In step 622, the first process receives the request to reduce its
memory usage. Once this request is received the amount of memory
being used and the purposes for which that memory is being used are
evaluated in step 624. Next in step 626, a decision is made whether
the amount of memory being used can be reduced. This decision is
made by looking at how much memory is being used and then how much
memory can be freed up without causing this first process to stop
working. If the decision is that the memory usage cannot be
reduced, then no more is done, and the thread goes into wait mode
again until it receives another command. However, if the decision
is that memory usage can be reduced, and therefore some memory can
be freed for other uses then in step 628, then the memory usage is
reduced. Next in step 630 the thread is inactivated for a period of
time and then activated.

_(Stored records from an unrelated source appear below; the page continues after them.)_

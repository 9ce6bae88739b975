//! The conditions of a definition.

ghost use Rattle.std.specs.Prelude.{◌≡◌, IfOk};
ghost use Rattle.clause_store.specs.Stored.{clause_in, atoms_at, IsStored};
ghost use Rattle.map_state.specs.Seen.{state_of};
ghost use Rattle.map_model.specs.Defining as spec;
ghost use Rattle.map_model.specs.Rewriting.{or_next};
ghost use Rattle.term_store.specs.Trees.{AreIn};

use crate::predicate::pred_of;
use clause_fold::{loose_variable, wrong_argument};
use clause_store::{Clause, Pred};
use map_state::{Refusal, State, same_pred};
use std::alloc::Global;
use term_store::{NoMemory, Store, Term};

/// The first broken condition on the clause of a definition.
pub(crate) fn definition_broken(
    state: &State,
    store: &Store,
    c: &Clause,
) -> Result<Option<Refusal>, NoMemory>
    requires { IsStored store.now c.now }
    ensures { IfOk result (λ broken. broken ≡ spec.definition_broken (state_of state.now) (clause_in store.now c.now)) }
{
    let pred = pred_of(state.alloc(), store, c.head)?;
    if state.is_initial(&pred) || state.is_defined(&pred) {
        return Ok(Some(Refusal::NotFresh(pred)));
    }
    if let Some(place) = wrong_argument(store, c) {
        return Ok(Some(Refusal::HeadNotVariables(place)));
    }
    body_or_loose_broken(state, store, &pred, c)
}

/// The first broken condition on the body of the definition of this predicate, and then on its variables.
fn body_or_loose_broken(
    state: &State,
    store: &Store,
    pred: &Pred,
    c: &Clause,
) -> Result<Option<Refusal>, NoMemory>
    requires { IsStored store.now c.now }
    ensures { IfOk result (λ broken. broken ≡ or_next (spec.no_body (clause_in store.now c.now).body)
        (or_next (spec.body_broken (state_of state.now) pred.now (clause_in store.now c.now).body) (spec.loose_broken (clause_in store.now c.now)))) }
{
    if let Some(refusal) = no_body(store, c) {
        return Ok(Some(refusal));
    }
    if let Some(refusal) = body_broken(state, store, pred, c.atoms.as_slice())? {
        return Ok(Some(refusal));
    }
    loose_broken(state.alloc(), store, c)
}

/// Whether there is no atom.
#[tactic(auto, using(crate::proofs::Atoms::some_body))]
fn no_body(_store: &Store, c: &Clause) -> Option<Refusal>
    ensures { result ≡ spec.no_body (clause_in _store.now c.now).body }
{
    if c.atoms.as_slice().is_empty() {
        return Some(Refusal::EmptyDefinition);
    }
    None
}

/// The least variable that is in the head alone, or in rows alone.
fn loose_broken(alloc: Global, store: &Store, c: &Clause) -> Result<Option<Refusal>, NoMemory>
    requires { IsStored store.now c.now }
    ensures { IfOk result (λ broken. broken ≡ spec.loose_broken (clause_in store.now c.now)) }
{
    match loose_variable(alloc, store, c)? {
        Some(variable) => Ok(Some(Refusal::LooseVariable(variable))),
        None => Ok(None),
    }
}

/// The first of these atoms whose predicate may not stand in the body of the definition of this one.
#[tactic(auto, using(crate::proofs::Atoms::body_from))]
fn body_broken(
    state: &State,
    store: &Store,
    pred: &Pred,
    atoms: &[Term],
) -> Result<Option<Refusal>, NoMemory>
    requires { AreIn store.now atoms.now }
    ensures { IfOk result (λ broken. broken ≡ spec.body_broken (state_of state.now) pred.now (atoms_at store.now atoms.now)) }
{
    for atom in atoms {
        let of = pred_of(state.alloc(), store, *atom)?;
        if let Some(refusal) = atom_broken(state, pred, of) {
            return Ok(Some(refusal));
        }
    }
    Ok(None)
}

/// Why an atom of the predicate `of` may not stand in the body of the definition of `pred`.
fn atom_broken(state: &State, pred: &Pred, of: Pred) -> Option<Refusal>
    ensures { result ≡ spec.atom_broken (state_of state.now) pred.now of }
{
    if same_pred(pred, &of) || state.is_defined(&of) {
        return Some(Refusal::RecursiveDefinition(of));
    }
    if state.is_initial(&of) {
        return None;
    }
    Some(Refusal::UnknownPredicate(of))
}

This inactivation and activation of the
thread can be caused by a programmed delay or by commands that are
sent to the thread. The period of time is chosen so that it is long
enough to determine if any activity has occurred but not so long
that this process is slowed down. For example, in some embodiments
the period of the time can last up to 3 seconds and is preferably 2
seconds. After this period of time elapses, in step 632 a decision
is made whether any activity has occurred during the period of step
630. If the decision is that some activity has occurred during the
time period, then in step 636 a message is sent to the second
process confirming that the memory usage has been reduced. However,
if the decision in step 632 is that no activity has occurred during
the time period, then all of the memory is freed up by the second
process in step 634. In step 636 a message is sent to the second
process confirming that the memory usage has been reduced. All of
the memory is freed in step 634 because the process interprets the
inactivity during this time period as an indication that the
process is no longer running, and there is, therefore, no need for
it to use so much memory. Finally in step 638 the process ends.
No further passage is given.